If he thinks you're stashing money you might as well do it. :) Hung for a sheep as a lamb and all that. Build up a nice big savings account somewhere and call it your 'escape fund'. He sounds like a miserable, lazy, controlling bugger. Enjoy your holiday.

glasscompletelybroken · 11/06/2012 11:17

he won't let you visit your friend???

Says it all really. You are an adult and don't need permission.

raskolnikov · 11/06/2012 11:29

Dublin's a great idea, if he's short of cash and has a lot of free time, perhaps its time he did something about it? He's probably spending too much time sitting at home bored while you're out at work, not your problem tho. Izzy's got the right idea ...

atosilis · 11/06/2012 12:28

I used to go away loads when he was working but you're right about hating being left on his own. I stayed in with him all yesterday and we watched Sky sports ALL Day :-) He's had to go and spend a couple of days with one of our daughters and I am going to have such a lovely evening of sheer chill!

The fact that he has agreed to go and help is a miracle so fingers crossed that change is in the air.

OP posts:
Rindercella · 11/06/2012 12:31

Why won't your other friends still talk to you? Sad

Oh, and definitely go to Dublin!

atosilis · 11/06/2012 13:59

I should have rephrased that to 'who I'm still in contact with'. We've moved around a lot and my friends are all over the place. It's nearly always a weekend trip to see any of them. Since I've been working I haven't had the time to keep in regular contact. I haven't got a 'drop in for coffee/meet in the pub' local friend. Not the smallest violin in the world but just saying like....

OP posts:
izzyizin · 11/06/2012 14:50

I seem to recall that you posted in the not too distant past about your alcoholic not very 'd' h.

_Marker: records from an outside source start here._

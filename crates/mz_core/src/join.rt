// The least type above two.

ghost use Rattle.std.specs.Prelude.{◌≡◌, IfOk};
ghost use Rattle.std.specs.Option.{option_map};
ghost use Rattle.mz_core.specs.Types.{plain_type};
ghost use Rattle.mz_core.specs.Join.{IsJoin, base_apart, base_join, index_join, indices_join, dims_join, plain_join, number_above, element_join, array_join, join_apart, join};

use crate::make::{copy_type, make_type};
use crate::order::{base_below, below, is_allowed, is_par_scalar, same_index};
use crate::types::{Base, Ix, TypeInst};
use mz_base::Memory;
use std::alloc::Global;

fn base_apart(a: Base, b: Base) -> Option<Base>
    ensures { result ≡ base_apart a b }
{
    match (a, b) {
        (Base::Bool, Base::Enum(_))
        | (Base::Enum(_), Base::Bool)
        | (Base::Enum(_), Base::Enum(_)) => Some(Base::Int),
        (Base::SetEnum(_), Base::SetEnum(_)) => Some(Base::SetInt),
        _ => None,
    }
}

fn base_join(a: Base, b: Base) -> Option<Base>
    ensures { result ≡ base_join a b }
{
    if base_below(a, b) {
        Some(b)
    } else if base_below(b, a) {
        Some(a)
    } else {
        base_apart(a, b)
    }
}

fn index_join(x: Ix, y: Ix) -> Ix
    ensures { result ≡ index_join x y }
{
    if same_index(x, y) { x } else { Ix::Int }
}

fn indices_join(alloc: Global, xs: &[Ix], ys: &[Ix]) -> Result<Vec<Ix>, Memory>
    ensures { IfOk result (λ v. v.items ≡ indices_join xs.now ys.now) }
{
    let joined = xs
        .iter()
        .zip(ys)
        .map(|(x, y)| index_join(*x, *y))
        .collect(alloc)?;
    Ok(joined)
}

fn dims_join(alloc: Global, xs: &[Ix], ys: &[Ix]) -> Result<Option<Vec<Ix>>, Memory>
    ensures { IfOk result (λ o. option_map (λ v. v.items) o ≡ dims_join xs.now ys.now) }
{
    if xs.len() != ys.len() {
        return Ok(None);
    }
    Ok(Some(indices_join(alloc, xs, ys)?))
}

#[tactic(auto, unfolding(crate::specs::Types::plain_type))]
fn plain_join(t: &TypeInst, u: &TypeInst, dims: Vec<Ix>) -> Option<TypeInst>
    ensures { option_map plain_type result ≡ plain_join (plain_type t.now) (plain_type u.now) dims.items (base_join t.now.base u.now.base) }
{
    let base = base_join(t.base, u.base)?;
    let joined = TypeInst {
        var: t.var || u.var,
        opt: t.opt || u.opt,
        base,
        dims,
    };
    if is_allowed(&joined) {
        Some(joined)
    } else {
        None
    }
}

fn number_above(b: Base) -> Option<Base>
    ensures { result ≡ number_above b }
{
    match b {
        Base::Bool | Base::Int => Some(Base::Int),
        Base::Enum(e) => Some(Base::Enum(e)),
        _ => None,
    }
}

fn element_join(a: Base, b: Base) -> Option<Base>
    ensures { result ≡ element_join a b }
{
    match a {
        Base::SetInt => base_join(Base::Int, b),
        Base::SetEnum(e) => base_join(Base::Enum(e), b),
        Base::SetBottom | Base::Bottom => number_above(b),
        _ => None,
    }
}

#[tactic(auto, unfolding(crate::specs::Types::plain_type))]
fn array_join(alloc: Global, t: &TypeInst, u: &TypeInst) -> Result<Option<TypeInst>, Memory>
    ensures { IfOk result (λ o. option_map plain_type o ≡ array_join (plain_type t.now) (plain_type u.now)) }
{
    if !is_par_scalar(t) || u.dims.len() != 1 {
        return Ok(None);
    }
    let Some(base) = element_join(t.base, u.base) else {
        return Ok(None);
    };
    Ok(Some(make_type(alloc, u.var, u.opt, base, &[Ix::Int])?))
}

fn join_apart(alloc: Global, t: &TypeInst, u: &TypeInst) -> Result<Option<TypeInst>, Memory>
    ensures { IfOk result (λ o. option_map plain_type o ≡ join_apart (plain_type t.now) (plain_type u.now) (dims_join t.now.dims.items u.now.dims.items)) }
{
    if let Some(dims) = dims_join(alloc, &t.dims, &u.dims)? {
        return Ok(plain_join(t, u, dims));
    }
    if let Some(joined) = array_join(alloc, t, u)? {
        return Ok(Some(joined));
    }
    array_join(alloc, u, t)
}

#[tactic(auto, unfolding(crate::specs::Join::join, crate::specs::Types::plain_type))]
fn joined(alloc: Global, t: &TypeInst, u: &TypeInst) -> Result<Option<TypeInst>, Memory>
    ensures { IfOk result (λ o. option_map plain_type o ≡ join (plain_type t.now) (plain_type u.now)) }
{
    if below(t, u) {
        return Ok(Some(copy_type(alloc, u)?));
    }
    if below(u, t) {
        return Ok(Some(copy_type(alloc, t)?));
    }
    join_apart(alloc, t, u)
}

/// The least type that is above both, and `None` exactly where there is none.
pub fn join_types(alloc: Global, t: &TypeInst, u: &TypeInst) -> Result<Option<TypeInst>, Memory>
    ensures least { IfOk result (λ o. IsJoin (plain_type t.now) (plain_type u.now) (option_map plain_type o)) }
    ensures computed { IfOk result (λ o. option_map plain_type o ≡ join (plain_type t.now) (plain_type u.now)) }
{
    joined(alloc, t, u)
}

I also seem to recall that it was your intention to have sold your unwanted possessions on eBay with a view to having left him by now.

As your dc are adults and none of them live at home, what's keeping you stuck in the rut of same old?

Why waste more years of your life in an unfulfilling and unhappy relationship?

Teansympathy · 24/06/2012 08:08

Just go to Dublin, that will give you the space you seem to need to sort out in your head if you want to stay in this relationship good luck.

bleedingheart · 24/06/2012 09:01

What do you get out of this relationship? You don't have to stay you know. You sound so resigned to it and lacking in any warmth or love for your H (unsurprisingly based on what you've posted).